Spray for killing rushes at centre of investigation involving drinking water for nearly 1m people
The EPA has said there are widespread failures to meet standards that regulate the levels of pesticides in drinking water.
In its Drinking Water Report for 2016, the EPA says that at the end of 2016, 63 supplies serving over 900,000 people had open investigations due to failures to meet the pesticide standard.
The term ‘Pesticides’ includes a wide range of products, but in Ireland, the EPA says it is herbicides that pose the greatest threat to drinking water
The most commonly found pesticide is MCPA, which is used for rush control in grassland. MCPA is usually detected in the months of May/June/July and in September/October. This is because MCPA is applied to grassland in these months for ragwort, rush and thistle control.
Pesticide products should not be present in drinking water and the Drinking Water Regulations set specific standards.
The standards are set considerably below levels which would give rise to potential effects on human health.
Improved monitoring of public water supplies for pesticides has taken place in recent years, and in 2016, Irish Water began a programme of monitoring all public supplies for 21 pesticides most likely to be found in Irish waters.
In its report the EPA said an issue of widespread and, in a small number of supplies, persistent failures to meet the standard has emerged.
The EPA said Irish Water is currently adopting different approaches to deal with the issue of pesticides in drinking water in different parts of the country depending on local circumstances.
However, it said in some areas progress has not been adequate and the EPA has identified 16 supplies with pesticide exceedances for which Irish Water has not taken or identified adequate measures to return them to compliance.
The EPA has identified the need for a National Pesticides Strategy and Irish Water has stated that a Strategy will be published in Q3 2017.
The EPA said there is still a major deficit in the engagement with stakeholders in some areas and in the information being provided to the EPA.
It says a consistent national approach must be adopted to ensure that pesticides are prevented from entering our drinking water supplies.

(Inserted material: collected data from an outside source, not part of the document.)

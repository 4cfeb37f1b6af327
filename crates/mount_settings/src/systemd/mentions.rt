//! Collects all entries that a unit asks a known version of systemd to mount (systemd.exec(5), Sandboxing).
ghost use Rattle.std.specs.Prelude.{◌≡◌, ◌++◌, map, IfOk, OnOk};
ghost use Rattle.path_settings.specs.systemd.Written.{entry_of};
ghost use Rattle.mount_settings.specs.Settings.{as_written, entries_by};
ghost use Rattle.mount_settings.specs.systemd.Folders.{brought_folders};
ghost use Rattle.mount_settings.specs.systemd.Mentions.{brought, implied_of};

use crate::protections::{Protections, Switches};
use crate::settings::written_mentions;
use crate::systemd::folders::bring_folders;
use crate::systemd::keys::FurtherKeys;
use crate::systemd::own_mounts::has_own_mounts;
use crate::systemd::rows::bring_table;
use crate::written::WrittenPath;
use dropin_merge::Version;
use path_settings::Mention;
use path_settings::systemd::{MountEntry, entry_of};
use site_table::SiteTable;
use std::alloc::{AllocError, Global};

// Adds the entries that these mentions ask for.
fn add_entries(
    alloc: Global,
    mentions: &[Mention],
    entries: &mut Vec<MountEntry>,
) -> Result<(), AllocError>
    ensures { OnOk result (entries.new.items ≡ entries.old.items ++ map entry_of mentions.now) }
{
    for mention in mentions {
        entries.push(entry_of(alloc, mention)?)?;
    }
    Ok(())
}

// Adds the entries of the folders that the site has.
fn add_folders(
    alloc: Global,
    site: &SiteTable,
    switches: Switches,
    keys: FurtherKeys,
    paths: &[WrittenPath],
    entries: &mut Vec<MountEntry>,
) -> Result<(), AllocError>
    ensures { OnOk result (entries.new.items ≡ entries.old.items ++ map entry_of (brought_folders site.now switches keys paths.now)) }
{
    let mut folders = Vec::new(alloc);
    bring_folders(alloc, site, switches, keys, paths, &mut folders)?;
    add_entries(alloc, &folders, entries)
}

// Adds the entries of the table and of the folder keys.
fn bring_all(
    alloc: Global,
    site: &SiteTable,
    version: Version,
    switches: Switches,
    protections: Protections,
    keys: FurtherKeys,
    paths: &[WrittenPath],
    entries: &mut Vec<MountEntry>,
) -> Result<(), AllocError>
    ensures { OnOk result (entries.new.items ≡ entries.old.items ++ brought version site.now switches protections keys paths.now) }
{
    bring_table(alloc, site, version, switches, protections, keys, entries)?;
    add_folders(alloc, site, switches, keys, paths, entries)
}

// Adds the implied entries, if the service has mounts of its own.
#[tactic(auto, unfolding(crate::specs::systemd::Mentions::implied_of))]
fn bring_implied(
    alloc: Global,
    site: &SiteTable,
    version: Version,
    switches: Switches,
    protections: Protections,
    keys: FurtherKeys,
    paths: &[WrittenPath],
    entries: &mut Vec<MountEntry>,
) -> Result<(), AllocError>
    ensures { OnOk result (entries.new.items ≡ entries.old.items ++ implied_of version site.now switches protections keys paths.now) }
{
    if has_own_mounts(version, switches, protections, keys, paths) {
        bring_all(
            alloc,
            site,
            version,
            switches,
            protections,
            keys,
            paths,
            entries,
        )
    } else {
        Ok(())
    }
}

// Returns the entries that the written paths ask for, without the folders.
fn written_entries(alloc: Global, paths: &[WrittenPath]) -> Result<Vec<MountEntry>, AllocError>
    ensures { IfOk result (λ entries. entries.items ≡ map entry_of (as_written paths.now)) }
{
    let mentions = written_mentions(alloc, paths)?;
    let mut entries = Vec::new(alloc);
    add_entries(alloc, &mentions, &mut entries)?;
    Ok(entries)
}

/// Returns the entries that a unit asks for: the written ones, and after them the implied ones.
#[tactic(auto, unfolding(crate::specs::Settings::entries_by))]
pub(crate) fn entries_by(
    alloc: Global,
    site: &SiteTable,
    version: Version,
    switches: Switches,
    protections: Protections,
    keys: FurtherKeys,
    paths: &[WrittenPath],
) -> Result<Vec<MountEntry>, AllocError>
    ensures { IfOk result (λ entries. entries.items ≡ entries_by version site.now switches protections keys paths.now) }
{
    let mut entries = written_entries(alloc, paths)?;
    bring_implied(
        alloc,
        site,
        version,
        switches,
        protections,
        keys,
        paths,
        &mut entries,
    )?;
    Ok(entries)
}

The EPA has recommended Irish Water needs to produce a strategy to address the issue of pesticides in drinking water on a national and local level.

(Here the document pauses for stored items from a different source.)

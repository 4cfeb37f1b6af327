//! Reads keys whose last readable value decides (systemd.syntax(7)).
ghost use Rattle.std.specs.Prelude.{◌≡◌, ◌++◌, ℕ, List, Option, [], IfOk, OnOk, option_and_then, unwrap_or};
ghost use Rattle.std.specs.List.{cons_option};
ghost use Rattle.std.specs.Option.{option_map};
ghost use Rattle.dropin_merge.specs.unit_values.Values.{notes_of};
ghost use Rattle.dropin_merge.specs.unit_values.Lasting.{unread_notes, unit_last, unit_last_notes, unit_last_text};

use crate::Resolved;
use crate::unit_values::keyed::assignments_of_key;
use crate::unit_values::noting::note_value;
use crate::unit_values::reading::given_value;
use crate::unit_values::value::{FileNote, Said, Value};
use std::alloc::{AllocError, Global};
use unit_grammar::{NoteCause, Text};

/// A type that the value of such a key may have.
pub trait KeyValue: Copy {
    /// The value of a text, if the text can be read.
    ghost reads: { List ℕ → Option Self };

    /// Returns the value of a text, if the text can be read.
    fn read(text: &str) -> Option<Self>
        ensures { result ≡ reads text.now };
}

// Returns the value after one more assignment. An unreadable value is noted and leaves the last one.
fn next_read<T: KeyValue>(
    last: T,
    value: Option<Value>,
    notes: &mut Vec<FileNote>,
) -> Result<T, AllocError>
    ensures means { IfOk result (λ next. next ≡ unwrap_or (option_and_then (λ value. T.reads value.text) value) last) }
    ensures noted { OnOk result (notes.new.items ≡ notes.old.items ++ unread_notes T.reads (cons_option value [])) }
{
    let Some(value) = value else {
        return Ok(last);
    };
    match T::read(value.text.as_str()) {
        Some(next) => Ok(next),
        None => {
            note_value(notes, &value, NoteCause::Value)?;
            Ok(last)
        }
    }
}

/// Returns the last readable value that the files of a unit give to such a key, or the default without one. The notes list
/// values that cannot be expanded, and then values that cannot be read.
#[tactic(auto, unfolding(crate::specs::unit_values::Lasting::unit_last, crate::specs::unit_values::Lasting::unit_last_notes))]
pub fn last_of_key<T: KeyValue>(
    alloc: Global,
    unit: &Resolved,
    key: &str,
    default: T,
) -> Result<Said<T>, AllocError>
    ensures last_value_decides { IfOk result (λ said. said.what ≡ unit_last T.reads default unit.now key.now) }
    ensures notes_the_unread { IfOk result (λ said. said.notes.items ≡ unit_last_notes T.reads unit.now key.now) }
{
    let mut last = default;
    let mut notes = Vec::new(alloc);
    let mut unread = Vec::new(alloc);
    for (place, assignment) in assignments_of_key(unit, key) {
        let value = given_value(
            alloc,
            unit.systemd,
            &unit.name,
            key,
            place,
            assignment,
            &mut notes,
        )?;
        last = next_read(last, value, &mut unread)?;
    }
    let said = Said {
        what: last,
        notes: unread,
    };
    said.behind(notes)
}

// Returns the text after one more assignment.
fn next_text(last: Text, value: Option<Value>) -> Text
    ensures { result ≡ unwrap_or (option_map (λ value. value.text) value) last }
{
    match value {
        Some(Value { place: _, text }) => text,
        None => last,
    }
}

/// Returns the last text that the files of a unit give to a key, or an empty text without one. Every text is a value of such
/// a key. The notes list values that cannot be expanded.
#[tactic(auto, unfolding(crate::specs::unit_values::Lasting::unit_last_text))]
pub fn last_text_of_key(alloc: Global, unit: &Resolved, key: &str) -> Result<Said<Text>, AllocError>
    ensures last_value_decides { IfOk result (λ said. said.what ≡ unit_last_text unit.now key.now) }
    ensures notes_the_others { IfOk result (λ said. said.notes.items ≡ notes_of unit.now key.now) }
{
    let mut last = Text::new(alloc, "")?;
    let mut notes = Vec::new(alloc);
    for (place, assignment) in assignments_of_key(unit, key) {
        let value = given_value(
            alloc,
            unit.systemd,
            &unit.name,
            key,
            place,
            assignment,
            &mut notes,
        )?;
        last = next_text(last, value);
    }
    Ok(Said { what: last, notes })
}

The resources available from the National Pesticides and Drinking Water Action Group should be utilised as much as possible in developing activities in catchments.
Treatment options for pesticides should be considered where catchment-based activities prove unsuccessful in reducing pesticide exceedances in drinking water.
The monitoring programme for the 21 most commonly used pesticides needs to be carried out on all public water supplies.